Вдруг Кате показалось, что мимо окна пролетело нечто бесформенное, как бы бородатое и чуть ли не с крестом. Это нечто мелькнул и вознеслось в небеса.
– Ангел…, – высказалось по данному вопросу ее воспаленное от недосыпа сознание.
– Ангел, – повторила Катя и представила себе порхающих по всему свету божественных созданий. Белых, розовых, голубых. Одиноких и группирующихся. Молчащих и воркующих. Кого-то хранящих и кого-то предохраняющих. Заглядывающих на кухни, в спальни, в гостиные, в клубы и в больницы, в столицу и в провинцию.
Она снова глянула в окно. Паук доедал никем не хранимую муху.
– Не было никакого ангела. Это мне видения являются, миражи…, – поняла таки Катя через минуту.
Она встала и, как часовой, заходила из угла в угол. По-прежнему огибала кровать, манящую мягкой пуховой периной. Ведь стоило ей только моргнуть, только дрогнуть ресницами, как перед глазами вставал опаленный старик Пилеменос:
– Как я счастлив, что нашел тебя, невестка. Собирайся: Костас нас ждет…
Увидав снова перрон и всех встречающих, Катя вздрагивала, и сразу же выпучивала глаза, насколько это было возможно. Она даже остановилась и стала поддерживать веки пальцами:
– Только не спать. Подруга, представь, что ты на боевом посту, на самом настоящем и самом ответственном…
И как наяву предстал перед нею занесенный снегом, забытый богом и противником хвойно-лиственный лес. Над ним возвышалась хрупкая сторожевая вышка. И вот на ее всем ветрам распахнутой макушке стоит в ночном дозоре она – рядовой стратегических войск Екатерина Андреева.
Напрасно она кутается в овечий тулуп. На уровне птичьего полета ветер и мороз пронизывают ее насквозь. Не спасают ни двойной бронежилет, ни тройное шерстяное белье, ни даже предварительно выпитый стакан спирта. По телу неумолимо разбегаются зловещие мурашки. Ее неудержимо трясет. Как будто она сунула два пальца в электрическую розетку. И никак не может вытянуть их обратно.
От высокого напряжения Катя на самую малость прикрыла глаза и тут же, как будто пробки перегорели – ее отпустило. На смену ознобу пришло оцепенение и безразличие. А очень скоро стало и вовсе тепло и уютно.

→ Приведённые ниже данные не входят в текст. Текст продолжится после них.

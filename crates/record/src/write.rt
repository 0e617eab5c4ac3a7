// The record written to its octets: an array of octets for each struct, then one store of it. The places are those of
// specs/Layout.antt.
ghost use Rattle.std.specs.Prelude.{◌≡◌, ◌+◌, ◌≤◌, length};
ghost use Rattle.octets.specs.Octets.{splice};
ghost use Rattle.area.specs.Map.{area_size, record_at};
ghost use Rattle.record.specs.Layout.{controller_size, counts_size, conns_size, front_size, middle_size, wires_size};
ghost use Rattle.record.specs.Writing.{phase_octet, rf_octets, profile_octets, control_run_octets, hand_octets, host_octets, pairs_octets, controller_octets, counts_octets, conns_octets, front_octets, middle_octets, wires_octets, encode_of};

use crate::places;
use area::map::{PLACES, RECORD_AT};
use state::kinds::{
    ControlRun, Controller, Counts, Ends, Hand, Host, Pairs, Phase, Profile, Record, Rf,
};

// Where the parts of the record that are stored together stand in the area, and what follows in each of them.
const FRONT_AT: usize = RECORD_AT + places::PROFILE;

const HOST_PART: usize = places::PROFILE_SIZE;

const HEARING_PART: usize = HOST_PART + places::HOST_SIZE;

const CONTROLLER_AT: usize = RECORD_AT + places::CONTROLLER;

const MIDDLE_AT: usize = RECORD_AT + places::ASKING;

const ENDPOINT_PART: usize = places::CONTROL_RUN_SIZE;

const CONNS_AT: usize = RECORD_AT + places::CONNS;

const WIRES_AT: usize = RECORD_AT + places::DOWN;

const WIRES_SIZE: usize = places::RING_SIZE + places::RING_SIZE;

#[tactic(auto, unfolding(crate::specs::Writing::profile_octets))]
fn profile_octets(p: Profile) -> [u8; places::PROFILE_SIZE]
    ensures { result ≡ profile_octets p }
{
    [
        p.control,
        p.two.payload,
        p.two.credits,
        p.three.payload,
        p.three.credits,
        p.four.payload,
        p.four.credits,
        p.five.payload,
        p.five.credits,
        p.fixed.payload,
        p.fixed.credits,
    ]
}

#[tactic(auto, unfolding(crate::specs::Writing::host_octets, crate::specs::Writing::pending_octets))]
pub fn host_octets(h: Host) -> [u8; places::HOST_SIZE]
    ensures { result ≡ host_octets h }
{
    match h.pending {
        None => [h.size, 0, 0, 0, 0],
        Some(a) => [h.size, 1, a.gid, a.oid, a.aim],
    }
}

// Lengths by `/` and `%`, here and below: `to_be_bytes` would need names for both octets of each.
#[tactic(auto, unfolding(crate::specs::Writing::control_run_octets, crate::specs::Layout::bit))]
fn run_octets(r: ControlRun) -> [u8; places::CONTROL_RUN_SIZE]
    ensures { result ≡ control_run_octets r }
{
    [
        r.mt,
        r.gid,
        r.oid,
        (r.run.len / 256 % 256) as u8,
        (r.run.len % 256) as u8,
        r.run.lost as u8,
    ]
}

// No `From`, here and for rf_octets, as for phase_of in read.
#[tactic(auto, unfolding(crate::specs::Writing::phase_octet))]
pub fn phase_octet(p: Phase) -> u8
    ensures { result ≡ phase_octet p }
{
    match p {
        Phase::Cold => 0,
        Phase::Reset => 1,
        Phase::Ready => 2,
    }
}

#[tactic(auto, unfolding(crate::specs::Writing::rf_octets))]
pub fn rf_octets(rf: Rf) -> [u8; 4]
    ensures { result ≡ rf_octets rf }
{
    match rf {
        Rf::Idle => [0, 0, 0, 0],
        Rf::Discovery => [1, 0, 0, 0],
        Rf::W4AllDiscoveries => [2, 0, 0, 0],
        Rf::W4HostSelect(None) => [3, 0, 0, 0],
        Rf::W4HostSelect(Some(p)) => [3, 1, p.id, p.protocol],
        Rf::PollActive(a) => [4, a.id, a.protocol, a.mode],
        Rf::ListenActive(a) => [5, a.id, a.protocol, a.mode],
        Rf::ListenSleep => [6, 0, 0, 0],
    }
}

// Written out: by index it would have to ask which octet of which pair it is.
#[tactic(auto, unfolding(crate::specs::Writing::pairs_octets))]
fn pairs_octets(k: Pairs) -> [u8; places::PAIRS_SIZE]
    ensures { result ≡ pairs_octets k }
{
    let [p0, p1, p2, p3, p4, p5, p6, p7] = k.list;
    [
        p0.id,
        p0.protocol,
        p1.id,
        p1.protocol,
        p2.id,
        p2.protocol,
        p3.id,
        p3.protocol,
        p4.id,
        p4.protocol,
        p5.id,
        p5.protocol,
        p6.id,
        p6.protocol,
        p7.id,
        p7.protocol,
        (k.count % 256) as u8,
    ]
}

#[tactic(auto, unfolding(crate::specs::Writing::hand_octets, crate::specs::Layout::bit))]
fn hand_octets(h: Hand) -> [u8; places::HAND_SIZE]
    ensures { result ≡ hand_octets h }
{
    [
        h.full as u8,
        (h.len / 256 % 256) as u8,
        (h.len % 256) as u8,
        (h.at / 256 % 256) as u8,
        (h.at % 256) as u8,
    ]
}

#[tactic(auto, unfolding(crate::specs::Writing::counts_octets, crate::specs::Writing::hand_octets, crate::specs::Writing::ring_octets, crate::specs::Layout::bit))]
fn counts_octets(c: Counts) -> [u8; places::COUNTS_SIZE]
    ensures { result ≡ counts_octets c }
{
    let h = c.host;
    let k = c.controller;
    [
        h.opened as u8,
        h.payload,
        h.grant,
        h.held,
        h.hand.full as u8,
        (h.hand.len / 256 % 256) as u8,
        (h.hand.len % 256) as u8,
        (h.hand.at / 256 % 256) as u8,
        (h.hand.at % 256) as u8,
        (h.run.len / 256 % 256) as u8,
        (h.run.len % 256) as u8,
        h.run.lost as u8,
        k.opened as u8,
        k.grant,
        k.owed,
        (k.store.head % 256) as u8,
        (k.store.count % 256) as u8,
        (k.run.len / 256 % 256) as u8,
        (k.run.len % 256) as u8,
        k.run.lost as u8,
    ]
}

#[tactic(auto, unfolding(crate::specs::Writing::wires_octets, crate::specs::Writing::ring_octets))]
fn wires_octets(r: Record) -> [u8; WIRES_SIZE]
    ensures { result ≡ wires_octets r }
{
    [
        (r.down.head % 256) as u8,
        (r.down.count % 256) as u8,
        (r.up.head % 256) as u8,
        (r.up.count % 256) as u8,
    ]
}

// The profile, the host and what it hears.
fn store_front(area: &mut [u8], at: usize, e: Ends)
    requires { at + front_size ≤ length area.old }
    ensures { area.new ≡ splice area.old at (front_octets e) }
{
    octets::put(area, at, &profile_octets(e.profile));
    octets::put(area, at + HOST_PART, &host_octets(e.host));
    octets::put(area, at + HEARING_PART, &run_octets(e.hearing));
}

fn store_controller(area: &mut [u8], at: usize, k: Controller)
    requires { at + controller_size ≤ length area.old }
    ensures { area.new ≡ splice area.old at (controller_octets k) }
{
    octets::put(area, at, &[phase_octet(k.phase), k.given]);
    octets::put(area, at + places::RF_PART, &rf_octets(k.rf));
    octets::put(area, at + places::PAIRS_PART, &pairs_octets(k.pairs));
}

// What the controller is asked, and the endpoint's message.
fn store_middle(area: &mut [u8], at: usize, e: Ends)
    requires { at + middle_size ≤ length area.old }
    ensures { area.new ≡ splice area.old at (middle_octets e) }
{
    octets::put(area, at, &run_octets(e.asking));
    octets::put(area, at + ENDPOINT_PART, &hand_octets(e.endpoint));
}

fn store_counts(area: &mut [u8], at: usize, c: Counts)
    requires { at + counts_size ≤ length area.old }
    ensures { area.new ≡ splice area.old at (counts_octets c) }
{
    octets::put(area, at, &counts_octets(c));
}

fn store_conns(area: &mut [u8], at: usize, conns: [Counts; 5])
    requires { at + conns_size ≤ length area.old }
    ensures { area.new ≡ splice area.old at (conns_octets conns) }
{
    for k in 0..PLACES {
        store_counts(area, at + k * places::COUNTS_SIZE, conns[k]);
    }
}

fn store_wires(area: &mut [u8], at: usize, r: Record)
    requires { at + wires_size ≤ length area.old }
    ensures { area.new ≡ splice area.old at (wires_octets r) }
{
    octets::put(area, at, &wires_octets(r));
}

// The record into its place of the area.
pub fn encode(area: &mut [u8], r: Record)
    requires { area_size ≤ length area.old }
    ensures { area.new ≡ splice area.old record_at (encode_of r) }
{
    store_front(area, FRONT_AT, r.ends);
    store_controller(area, CONTROLLER_AT, r.ends.controller);
    store_middle(area, MIDDLE_AT, r.ends);
    store_conns(area, CONNS_AT, r.ends.conns);
    store_wires(area, WIRES_AT, r);
}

Но только было она расслабилась, как из укрепленного на перилах радиодинамика прорезался такой знакомый бархатистый и одновременно такой неожиданно командный голос. Это бравый сержант Костас Пилеменос оглушительно инструктировал ее из штабного бункера:
– Не спать, рядовая Андреева, замерзнете. Подумайте в конце концов если не о себе, не о своих согражданах и родителях, мирно спящих за вашей спиной, так хотя бы о детях, которых вы обязаны защитить, уберечь во что бы то ни стало. О тех малышах, что уже ходят по нашей земле, и о тех, которым только предстоит на ней появиться, встать в один прекрасный день на воинский учет… Держитесь. По сложным метеоусловиям не можем установить ваши точные координаты. Но спасательный отряд уже вовсю ведет розыскные работы. По распоряжению командования, весьма ценящего вас, на орбиту в скором времени будут выведены специальные поисковые спутники. Они обшарят каждый квадратный километр, метр, сантиметр, миллиметр. Вас обязательно, непременно отыщут. Только не покидайте свой пост. По возможности подавайте световые и звуковые сигналы…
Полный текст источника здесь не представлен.